• **TASK STATEMENT**: Would you reproduce the entries that follow exactly as they appear?
::::
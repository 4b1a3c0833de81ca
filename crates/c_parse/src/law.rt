//! The laws of the grammar.

ghost use Rattle.dpi_grammar.specs.Faults.{IsUnambiguous};
ghost use Rattle.c_tree.specs.File.{file_told};
ghost use Rattle.c_parse.specs.Answer.{AnswerIsOne};

/// The law that a list of tokens has at most one tree, whatever its levels (ISO C 6.5 to 6.9).
#[tactic(auto, using(crate::proofs::FileRules::one_file))]
pub fn tree_is_one()
    ensures one { IsUnambiguous file_told }
{}

/// The law that of the answers to a list of tokens one alone is right, unless memory ran out: a
/// tree, the token that is refused, or the one that opens a level too many (ISO C 6.5 to 6.9).
#[tactic(auto, using(crate::proofs::Answers::one_answer))]
pub fn answer_is_one()
    ensures one { AnswerIsOne }
{}
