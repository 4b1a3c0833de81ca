//! What stands before an operand, or is one.

use c_tree::{Prefix, Primary};

/// What a token begins that is a prefix or opens a parenthesis.
#[derive(Drop)]
pub enum Lead {
    /// A prefix: an operator or a cast (ISO C 6.5.3, 6.5.4).
    Prefix(Prefix),
    /// An expression in parentheses (6.5.1), behind which stands no prefix more.
    Whole(Primary),
}
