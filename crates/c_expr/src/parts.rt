//! Parts of an expression that hold no other expression.

ghost use Rattle.dpi_grammar.specs.Parser.{Reads, token};
ghost use Rattle.c_tree.specs.Classes.{class_at};
ghost use Rattle.c_tree.specs.Operators.{binary_of, assign_of};
ghost use Rattle.c_expr.specs.Reading as spec;

use crate::lead::Lead;
use c_cursor::{Cursor, character, name, number, text};
use c_tree::{AssignOperator, BinaryOperator, Class, Prefix, Primary, Suffix, UnaryOperator};
use c_types::{stars, type_name};
use dpi_grammar::Stop;
use std::alloc::Global;

/// An operator between operands (ISO C 6.5.5 to 6.5.14).
pub fn operator(tokens: &mut Cursor<'_>) -> Result<BinaryOperator, Stop>
    ensures { Reads (token (λ t. binary_of (class_at t)) tokens.old) result tokens.new }
{
    match BinaryOperator::of(tokens.class()) {
        Some(operator) => {
            tokens.skip();
            Ok(operator)
        }
        None => Err(tokens.refuse()),
    }
}

/// An operator that assigns (6.5.16).
pub fn assign_operator(tokens: &mut Cursor<'_>) -> Result<AssignOperator, Stop>
    ensures { Reads (token (λ t. assign_of (class_at t)) tokens.old) result tokens.new }
{
    match AssignOperator::of(tokens.class()) {
        Some(operator) => {
            tokens.skip();
            Ok(operator)
        }
        None => Err(tokens.refuse()),
    }
}

/// A prefix that is an operator (6.5.3).
// unop
#[tactic(auto, unfolding(crate::specs::Reading::sign))]
pub fn sign(tokens: &mut Cursor<'_>) -> Result<Lead, Stop>
    ensures { Reads (spec.sign tokens.old) result tokens.new }
{
    let token = tokens.place();
    match UnaryOperator::of(tokens.class()) {
        Some(operator) => {
            tokens.skip();
            Ok(Lead::Prefix(Prefix::Sign(token, operator)))
        }
        None => Err(tokens.refuse()),
    }
}

/// A cast, behind its `(`, which has that number (6.5.4).
// type stars ")"
#[tactic(auto, unfolding(crate::specs::Reading::cast))]
pub fn cast(alloc: Global, tokens: &mut Cursor<'_>, token: u32) -> Result<Lead, Stop>
    ensures { Reads (spec.cast token tokens.old) result tokens.new }
{
    let kind = type_name(alloc, tokens)?;
    let stars = stars(alloc, tokens)?;
    tokens.expect(Class::CloseParen)?;
    Ok(Lead::Prefix(Prefix::Cast(token, kind, stars)))
}

/// The pointer that points to nothing (7.19).
// "NULL"
#[tactic(auto, unfolding(crate::specs::Reading::null))]
fn null(tokens: &mut Cursor<'_>) -> Result<Primary, Stop>
    ensures { Reads (spec.null tokens.old) result tokens.new }
{
    let token = tokens.place();
    tokens.expect(Class::Null)?;
    Ok(Primary::Null(token))
}

/// A string, or `NULL` (6.4.5, 7.19).
// string | "NULL"
#[tactic(auto, unfolding(crate::specs::Reading::text_or_null))]
fn text_or_null(alloc: Global, tokens: &mut Cursor<'_>) -> Result<Primary, Stop>
    ensures { Reads (spec.text_or_null tokens.old) result tokens.new }
{
    if tokens.sees(Class::Text) {
        return Ok(Primary::Text(text(alloc, tokens)?));
    }
    null(tokens)
}

/// An operand of one token that is no name (6.4.4, 6.4.5, 7.19).
// number | character | string | "NULL"
#[tactic(auto, unfolding(crate::specs::Reading::literal))]
pub fn literal(alloc: Global, tokens: &mut Cursor<'_>) -> Result<Primary, Stop>
    ensures { Reads (spec.literal tokens.old) result tokens.new }
{
    if tokens.sees(Class::Number) {
        return Ok(Primary::Number(number(alloc, tokens)?));
    }
    if tokens.sees(Class::Character) {
        return Ok(Primary::Character(character(alloc, tokens)?));
    }
    text_or_null(alloc, tokens)
}

/// A member of a structure (6.5.2.3).
// "." id
#[tactic(auto, unfolding(crate::specs::Reading::member))]
fn member(alloc: Global, tokens: &mut Cursor<'_>) -> Result<Suffix, Stop>
    ensures { Reads (spec.member tokens.old) result tokens.new }
{
    let token = tokens.place();
    tokens.expect(Class::Dot)?;
    Ok(Suffix::Member(token, name(alloc, tokens)?))
}

/// A member of a structure that is pointed to (6.5.2.3).
// "->" id
#[tactic(auto, unfolding(crate::specs::Reading::arrow))]
fn arrow(alloc: Global, tokens: &mut Cursor<'_>) -> Result<Suffix, Stop>
    ensures { Reads (spec.arrow tokens.old) result tokens.new }
{
    let token = tokens.place();
    tokens.expect(Class::Arrow)?;
    Ok(Suffix::Arrow(token, name(alloc, tokens)?))
}

/// A suffix that adds one (6.5.2.4).
// "++"
#[tactic(auto, unfolding(crate::specs::Reading::increment))]
fn increment(tokens: &mut Cursor<'_>) -> Result<Suffix, Stop>
    ensures { Reads (spec.increment tokens.old) result tokens.new }
{
    let token = tokens.place();
    tokens.expect(Class::Increment)?;
    Ok(Suffix::Increment(token))
}

/// A suffix that takes one away (6.5.2.4).
// "--"
#[tactic(auto, unfolding(crate::specs::Reading::decrement))]
fn decrement(tokens: &mut Cursor<'_>) -> Result<Suffix, Stop>
    ensures { Reads (spec.decrement tokens.old) result tokens.new }
{
    let token = tokens.place();
    tokens.expect(Class::Decrement)?;
    Ok(Suffix::Decrement(token))
}

/// A suffix that adds one or takes one away (6.5.2.4).
// "++" | "--"
#[tactic(auto, unfolding(crate::specs::Reading::stepped))]
fn stepped(tokens: &mut Cursor<'_>) -> Result<Suffix, Stop>
    ensures { Reads (spec.stepped tokens.old) result tokens.new }
{
    if tokens.sees(Class::Increment) {
        return increment(tokens);
    }
    decrement(tokens)
}

/// A suffix that opens no level (6.5.2.3, 6.5.2.4).
// "." id | "->" id | "++" | "--"
#[tactic(auto, unfolding(crate::specs::Reading::flat_suffix))]
pub fn flat_suffix(alloc: Global, tokens: &mut Cursor<'_>) -> Result<Suffix, Stop>
    ensures { Reads (spec.flat_suffix tokens.old) result tokens.new }
{
    if tokens.sees(Class::Dot) {
        return member(alloc, tokens);
    }
    if tokens.sees(Class::Arrow) {
        return arrow(alloc, tokens);
    }
    stepped(tokens)
}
::::
• **YOUR SOLUTION**:
repository 4b1a3c0833de81ca
filename crates/c_parse/src/law.rt
//! The laws of the grammar.

ghost use Rattle.dpi_grammar.specs.Faults.{IsUnambiguous};
ghost use Rattle.c_tree.specs.File.{file_told};
ghost use Rattle.c_parse.specs.Answer.{AnswerIsOne};

/// The law that a list of tokens has at most one tree, whatever its levels (ISO C 6.5 to 6.9).
#[tactic(auto, using(crate::proofs::FileRules::one_file))]
pub fn tree_is_one()
    ensures one { IsUnambiguous file_told }
{}

/// The law that of the answers to a list of tokens one alone is right, unless memory ran out: a
/// tree, the token that is refused, or the one that opens a level too many (ISO C 6.5 to 6.9).
#[tactic(auto, using(crate::proofs::Answers::one_answer))]
pub fn answer_is_one()
    ensures one { AnswerIsOne }
{}
repository 4b1a3c0833de81ca
//! What stands before an operand, or is one.

use c_tree::{Prefix, Primary};

/// What a token begins that is a prefix or opens a parenthesis.
#[derive(Drop)]
pub enum Lead {
    /// A prefix: an operator or a cast (ISO C 6.5.3, 6.5.4).
    Prefix(Prefix),
    /// An expression in parentheses (6.5.1), behind which stands no prefix more.
    Whole(Primary),
}
filename crates/c_expr/src/parts.rt
//! Parts of an expression that hold no other expression.

ghost use Rattle.dpi_grammar.specs.Parser.{Reads, token};
ghost use Rattle.c_tree.specs.Classes.{class_at};
ghost use Rattle.c_tree.specs.Operators.{binary_of, assign_of};
ghost use Rattle.c_expr.specs.Reading as spec;

use crate::lead::Lead;
use c_cursor::{Cursor, character, name, number, text};
use c_tree::{AssignOperator, BinaryOperator, Class, Prefix, Primary, Suffix, UnaryOperator};
use c_types::{stars, type_name};
use dpi_grammar::Stop;
use std::alloc::Global;

/// An operator between operands (ISO C 6.5.5 to 6.5.14).
pub fn operator(tokens: &mut Cursor<'_>) -> Result<BinaryOperator, Stop>
    ensures { Reads (token (λ t. binary_of (class_at t)) tokens.old) result tokens.new }
{
    match BinaryOperator::of(tokens.class()) {
        Some(operator) => {
            tokens.skip();
            Ok(operator)
        }
        None => Err(tokens.refuse()),
    }
}

/// An operator that assigns (6.5.16).
pub fn assign_operator(tokens: &mut Cursor<'_>) -> Result<AssignOperator, Stop>
    ensures { Reads (token (λ t. assign_of (class_at t)) tokens.old) result tokens.new }
{
    match AssignOperator::of(tokens.class()) {
        Some(operator) => {
            tokens.skip();
            Ok(operator)
        }
        None => Err(tokens.refuse()),
    }
}

/// A prefix that is an operator (6.5.3).
// unop
#[tactic(auto, unfolding(crate::specs::Reading::sign))]
pub fn sign(tokens: &mut Cursor<'_>) -> Result<Lead, Stop>
    ensures { Reads (spec.sign tokens.old) result tokens.new }
{
    let token = tokens.place();
    match UnaryOperator::of(tokens.class()) {
        Some(operator) => {
            tokens.skip();
            Ok(Lead::Prefix(Prefix::Sign(token, operator)))
        }
        None => Err(tokens.refuse()),
    }
}

/// A cast, behind its `(`, which has that number (6.5.4).
// type stars ")"
#[tactic(auto, unfolding(crate::specs::Reading::cast))]
pub fn cast(alloc: Global, tokens: &mut Cursor<'_>, token: u32) -> Result<Lead, Stop>
    ensures { Reads (spec.cast token tokens.old) result tokens.new }
{
    let kind = type_name(alloc, tokens)?;
    let stars = stars(alloc, tokens)?;
    tokens.expect(Class::CloseParen)?;
    Ok(Lead::Prefix(Prefix::Cast(token, kind, stars)))
}

/// The pointer that points to nothing (7.19).
// "NULL"
#[tactic(auto, unfolding(crate::specs::Reading::null))]
fn null(tokens: &mut Cursor<'_>) -> Result<Primary, Stop>
    ensures { Reads (spec.null tokens.old) result tokens.new }
{
    let token = tokens.place();
    tokens.expect(Class::Null)?;
    Ok(Primary::Null(token))
}

/// A string, or `NULL` (6.4.5, 7.19).
// string | "NULL"
#[tactic(auto, unfolding(crate::specs::Reading::text_or_null))]
fn text_or_null(alloc: Global, tokens: &mut Cursor<'_>) -> Result<Primary, Stop>
    ensures { Reads (spec.text_or_null tokens.old) result tokens.new }
{
    if tokens.sees(Class::Text) {
        return Ok(Primary::Text(text(alloc, tokens)?));
    }
    null(tokens)
}

/// An operand of one token that is no name (6.4.4, 6.4.5, 7.19).
// number | character | string | "NULL"
#[tactic(auto, unfolding(crate::specs::Reading::literal))]
pub fn literal(alloc: Global, tokens: &mut Cursor<'_>) -> Result<Primary, Stop>
    ensures { Reads (spec.literal tokens.old) result tokens.new }
{
    if tokens.sees(Class::Number) {
        return Ok(Primary::Number(number(alloc, tokens)?));
    }
    if tokens.sees(Class::Character) {
        return Ok(Primary::Character(character(alloc, tokens)?));
    }
    text_or_null(alloc, tokens)
}

/// A member of a structure (6.5.2.3).
// "." id
#[tactic(auto, unfolding(crate::specs::Reading::member))]
fn member(alloc: Global, tokens: &mut Cursor<'_>) -> Result<Suffix, Stop>
    ensures { Reads (spec.member tokens.old) result tokens.new }
{
    let token = tokens.place();
    tokens.expect(Class::Dot)?;
    Ok(Suffix::Member(token, name(alloc, tokens)?))
}

/// A member of a structure that is pointed to (6.5.2.3).
// "->" id
#[tactic(auto, unfolding(crate::specs::Reading::arrow))]
fn arrow(alloc: Global, tokens: &mut Cursor<'_>) -> Result<Suffix, Stop>
    ensures { Reads (spec.arrow tokens.old) result tokens.new }
{
    let token = tokens.place();
    tokens.expect(Class::Arrow)?;
    Ok(Suffix::Arrow(token, name(alloc, tokens)?))
}

/// A suffix that adds one (6.5.2.4).
// "++"
#[tactic(auto, unfolding(crate::specs::Reading::increment))]
fn increment(tokens: &mut Cursor<'_>) -> Result<Suffix, Stop>
    ensures { Reads (spec.increment tokens.old) result tokens.new }
{
    let token = tokens.place();
    tokens.expect(Class::Increment)?;
    Ok(Suffix::Increment(token))
}

/// A suffix that takes one away (6.5.2.4).
// "--"
#[tactic(auto, unfolding(crate::specs::Reading::decrement))]
fn decrement(tokens: &mut Cursor<'_>) -> Result<Suffix, Stop>
    ensures { Reads (spec.decrement tokens.old) result tokens.new }
{
    let token = tokens.place();
    tokens.expect(Class::Decrement)?;
    Ok(Suffix::Decrement(token))
}

/// A suffix that adds one or takes one away (6.5.2.4).
// "++" | "--"
#[tactic(auto, unfolding(crate::specs::Reading::stepped))]
fn stepped(tokens: &mut Cursor<'_>) -> Result<Suffix, Stop>
    ensures { Reads (spec.stepped tokens.old) result tokens.new }
{
    if tokens.sees(Class::Increment) {
        return increment(tokens);
    }
    decrement(tokens)
}

/// A suffix that opens no level (6.5.2.3, 6.5.2.4).
// "." id | "->" id | "++" | "--"
#[tactic(auto, unfolding(crate::specs::Reading::flat_suffix))]
pub fn flat_suffix(alloc: Global, tokens: &mut Cursor<'_>) -> Result<Suffix, Stop>
    ensures { Reads (spec.flat_suffix tokens.old) result tokens.new }
{
    if tokens.sees(Class::Dot) {
        return member(alloc, tokens);
    }
    if tokens.sees(Class::Arrow) {
        return arrow(alloc, tokens);
    }
    stepped(tokens)
}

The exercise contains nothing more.